ISSUE 26 MARCH 2001 BACK

practice

In the beginning

Jeff Reid

I have recently been spending time reflecting on the past - how I came to this field of Child & Youth Care, the journey from where I started to my current place, the different learning opportunities I’ve enjoyed along the way. I have been spending time thinking about how much emphasis is placed on “relationship,” the use of it, and comparing it to when I first started. I don’t know that the word “relationship” was even used during my first orientation and training. A lot of time was spent focusing on safety, hygiene, behaviour management, physical restraint, the importance of clean homes. I don’t remember anything about the powerful tool we call “relationship.”

Jack was a youth who seemed to enjoy spending time with me. I understand now that it was based on my being honest with him, respecting him, and not being afraid of him. Jack was a large (6 foot and more than 200 pounds) angry 15 year old young man. He had spent years in training schools in Ontario, places that I now know had a history of abusing youth.

I was not directly responsible for Jack’s care, but we seemed to spend a lot of time together. When he was angry, I was one of the first to be called to assist in dealing with the crisis. Over time, Jack and I were able to come to some agreements that allowed us to work through the issues without involving physical restraint. He was able to turn over weapons, unlock doors, and stop property destruction - on the basis of verbal interventions that he and I had agreed to use. My co-workers thought I was crazy - may be I was - to get close enough to him to take away dangerous objects. At the time, I was confident he wouldn’t hurt me, and I think my confidence and trust reassured Jack and allowed him to act differently toward me.

Jack would invite me to spend time with him during other times as well. He had an old military surplus tent that he would use to camp out in and he would often invite me to camp with him. We had some good conversations during those nights. (Would I be allowed to do this today?) On my time off I would invite Jack to come fishing with me. (It seemed easier than to be called back from time off to deal with a crisis involving him.) We didn’t catch many fish, but we were able to have some laughs and talk about some of his concerns. Jack had an old motorcycle that I helped him work on. I did not know anything about small engines, but I found that Jack enjoyed teaching me as we got covered in grease and oil.

I can see now that at the time, by showing interest in Jack and spending time with him, I was building a strong therapeutic relationship with Jack. The essential elements were there without my realizing it - communication, being a positive role-model, social reinforcement. Unfortunately now that I know this, I can also see the opportunities that I missed with Jack. Opportunities to talk with Jack at greater length about his anger, his effect on other people during his outbursts, his effect on me during these times, how our relationship and his relationships with others were impacted by the different things he did and the choices he made.
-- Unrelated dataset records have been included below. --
// Many paths of a map changed in one pass over the entries from the first of them on.
ghost use Rattle.std.specs.Prelude.{◌≡◌, ◌+◌, ◌<◌, ◌≤◌, ◌∷◌, ◌++◌, List, Option, [], Some, length, reverse, min, true, unwrap_or, ◌-◌, ◌^◌};
ghost use Rattle.std.specs.FinMap.{put, is_sorted};
ghost use Rattle.std.specs.Option.{option_copied};
ghost use Rattle.std.specs.Vec.{vec_capacity};
ghost use Rattle.std.specs.declared.cmp.Ordering.TheVariants.{Less};
ghost use Rattle.wse_path.specs.Order.{path_cmp};
ghost use Rattle.wse_path.specs.Path.{Path};
ghost use Rattle.wse_path.specs.PathMap.{value_at, without, set_value, update_all};
ghost use Rattle.wse_path.specs.Place.{all_before};

use crate::path::RelPath;
use crate::row::{Row, Weighed};
use std::cmp::Ordering;

/// What becomes of the value at a path.
pub trait Update<V>: Drop {
    ghost updated: { Self → Option V → Option V };

    /// The value in place of the one that is there.
    fn update(self, was: Option<&V>) -> Option<V>
        ensures { result ≡ updated self (option_copied was.entry) };

    /// Whether there is a value afterwards. It decides what a change costs, not what it does.
    fn keeps(&self) -> bool;
}

/// Another value, or none.
impl<V: Drop> Update<V> for Option<V> {
    ghost updated = { λ new old. new };

    fn update(self, _was: Option<&V>) -> Option<V>
        ensures { result ≡ self }
    {
        self
    }

    fn keeps(&self) -> bool {
        self.is_some()
    }
}

/// A number that is added, up to the largest of 32 bits.
impl Update<u32> for u32 {
    ghost updated = { λ by old. Some (min (unwrap_or old 0 + by) (2 ^ 32 - 1)) };

    fn update(self, was: Option<&u32>) -> Option<u32>
        ensures { result ≡ Some (min (unwrap_or (option_copied was.entry) 0 + self) (2 ^ 32 - 1)) }
    {
        Some(was.copied().unwrap_or(0).saturating_add(self))
    }

    fn keeps(&self) -> bool {
        true
    }
}

/// Moves the entries from a place on into the rest, last first.
pub fn unload<V: Weighed>(row: &mut Row<V>, rest: &mut Vec<(RelPath, V)>, at: usize)
    requires within { at ≤ length row.old.items }
    requires empty { rest.old.items ≡ [] }
    requires room { length row.old.items ≤ vec_capacity rest.old }
    ensures same { row.new.items ++ reverse rest.new.items ≡ row.old.items }
    ensures front { length row.new.items ≡ at }
    ensures row_capacity { row.new.capacity ≡ row.old.capacity }
    ensures rest_capacity { vec_capacity rest.new ≡ vec_capacity rest.old }
{
    while row.len() > at {
        let entry = row.pop();
        rest.push_reserved(entry);
    }
}

/// Moves the entries before the path back into the row, and takes the one at the path out.
fn take_at<V: Weighed>(row: &mut Row<V>, rest: &mut Vec<(RelPath, V)>, path: &RelPath) -> Option<V>
    requires room { length row.old.items + length rest.old.items ≤ row.old.capacity }
    requires rises { is_sorted path_cmp (row.old.items ++ reverse rest.old.items) ≡ true }
    requires before { all_before path_cmp row.old.items path.now ≡ true }
    ensures value { result ≡ value_at (row.old.items ++ reverse rest.old.items) path.now }
    ensures without { row.new.items ++ reverse rest.new.items ≡ without (row.old.items ++ reverse rest.old.items) path.now }
    ensures placed { (v : V) → row.new.items ++ (path.now, v) ∷ reverse rest.new.items
        ≡ put path_cmp path.now v (row.old.items ++ reverse rest.old.items) }
    ensures before { all_before path_cmp row.new.items path.now ≡ true }
    ensures fewer { length row.new.items + length rest.new.items ≤ length row.old.items + length rest.old.items }
    ensures row_capacity { row.new.capacity ≡ row.old.capacity }
    ensures rest_capacity { vec_capacity rest.new ≡ vec_capacity rest.old }
{
    while let Some((there, value)) = rest.pop() {
        match there.cmp(path) {
            Ordering::Less => row.push(there, value),
            Ordering::Equal => return Some(value),
            Ordering::Greater => {
                rest.push_reserved((there, value));
                return None;
            }
        }
    }
    None
}

/// Sets the path to what its item makes of the value there.
fn set_next<V: Weighed, C: Update<V>>(
    row: &mut Row<V>,
    rest: &mut Vec<(RelPath, V)>,
    path: RelPath,
    item: C,
)
    requires room { length row.old.items + length rest.old.items < row.old.capacity }
    requires rises { is_sorted path_cmp (row.old.items ++ reverse rest.old.items) ≡ true }
    requires before { all_before path_cmp row.old.items path ≡ true }
    ensures set { row.new.items ++ reverse rest.new.items
        ≡ set_value (row.old.items ++ reverse rest.old.items) path (C.updated item (value_at (row.old.items ++ reverse rest.old.items) path)) }
    ensures before { (q : Path) → path_cmp path q ≡ Less → all_before path_cmp row.new.items q ≡ true }
    ensures more { length row.new.items + length rest.new.items ≤ length row.old.items + length rest.old.items + 1 }
    ensures row_capacity { row.new.capacity ≡ row.old.capacity }
    ensures rest_capacity { vec_capacity rest.new ≡ vec_capacity rest.old }
{
    let old = take_at(row, rest, &path);
    match item.update(old.as_ref()) {
        Some(value) => row.push(path, value),
        None => (),
    }
}

/// Sets each path to what its item makes of the value there. The row has the entries before the first of them.
pub fn set_each<V: Weighed, C: Update<V>>(
    row: &mut Row<V>,
    rest: &mut Vec<(RelPath, V)>,
    items: Vec<(RelPath, C)>,
)
    requires room { length row.old.items + length rest.old.items + length items.items ≤ row.old.capacity }
    requires rises { is_sorted path_cmp (row.old.items ++ reverse rest.old.items) ≡ true }
    requires items_rise { is_sorted path_cmp items.items ≡ true }
    requires before { (c : Path × C) → (more : List (Path × C)) → items.items ≡ c ∷ more
        → all_before path_cmp row.old.items c.0 ≡ true }
    ensures set { row.new.items ++ reverse rest.new.items
        ≡ update_all C.updated items.items (row.old.items ++ reverse rest.old.items) }
    ensures more { length row.new.items + length rest.new.items
        ≤ length row.old.items + length rest.old.items + length items.items }
    ensures row_capacity { row.new.capacity ≡ row.old.capacity }
    ensures rest_capacity { vec_capacity rest.new ≡ vec_capacity rest.old }
{
    for (path, item) in items {
        set_next(row, rest, path, item);
    }
}

/// Moves all that is left back into the row.
pub fn restore<V: Weighed>(row: &mut Row<V>, rest: &mut Vec<(RelPath, V)>)
    requires { length row.old.items + length rest.old.items ≤ row.old.capacity }
    ensures same { row.new.items ≡ row.old.items ++ reverse rest.old.items }
    ensures empty { rest.new.items ≡ [] }
    ensures row_capacity { row.new.capacity ≡ row.old.capacity }
    ensures rest_capacity { vec_capacity rest.new ≡ vec_capacity rest.old }
{
    while let Some((path, value)) = rest.pop() {
        row.push(path, value);
    }
}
I also know now that I missed the chance to speak with others about Jack and about how to connect with him so that other people could develop stronger relationships with him. I missed the chance to help Jack develop connections for when I wasn’t around. I could have helped Jack connect better with other people in our program.

This story doesn’t have a happy ending, as you can probably guess from my regretful tone. Jack lost control of his temper one day and ended up being sent back to a training school. The positive part of the ending, for me, is that rather than hurt anyone, Jack chose to run away. I still wonder about Jack, and if I could have made a bigger difference for him if I had understood about relationships and the role a strong relationship can play in helping youth.

Jeff Reid is a child and youth care supervisor with over 20 years' experience in three different provinces. He currently resides in Pictou, N.S. with his wife Catherine and four children. He is  employed with C.A.S. of Pictou County.